* WORK REQUIRED *
Please work out the number of lines in the following material that include "History", and reply with only that number.
.....
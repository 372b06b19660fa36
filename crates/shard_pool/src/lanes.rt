//! The ledgers of a pool's shards, as one.
ghost use Rattle.std.specs.Prelude.{ℕ};
ghost use Rattle.presence_journal.specs.History.{History};
ghost use Rattle.shard_pool.specs.Lanes.{begins_at};

use crate::lane::Lane;
use std::marker::PhantomData;

/// The lanes of a pool: one for each shard that there can be.
pub trait Lanes {
    type First: Lane;

    type Second: Lane;

    type Third: Lane;

    type Fourth: Lane;

    /// What the shard of a number begins with.
    ghost begins: { ℕ → History → Type 0 };

    ghost first: { (h : History) → Self.First.begins h → begins 0 h };

    ghost second: { (h : History) → Self.Second.begins h → begins 1 h };

    ghost third: { (h : History) → Self.Third.begins h → begins 2 h };

    ghost fourth: { (h : History) → Self.Fourth.begins h → begins 3 h };
}

/// These four lanes.
pub struct Four<A: Lane, B: Lane, C: Lane, D: Lane> {
    first: PhantomData<A>,
    second: PhantomData<B>,
    third: PhantomData<C>,
    fourth: PhantomData<D>,
}

impl<A: Lane, B: Lane, C: Lane, D: Lane> Lanes for Four<A, B, C, D> {
    type First = A;

    type Second = B;

    type Third = C;

    type Fourth = D;

    ghost begins = { begins_at A.begins B.begins C.begins D.begins };

    ghost first = { λ h b. b };

    ghost second = { λ h b. b };

    ghost third = { λ h b. b };

    ghost fourth = { λ h b. b };
}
.....
* SOLUTION *
6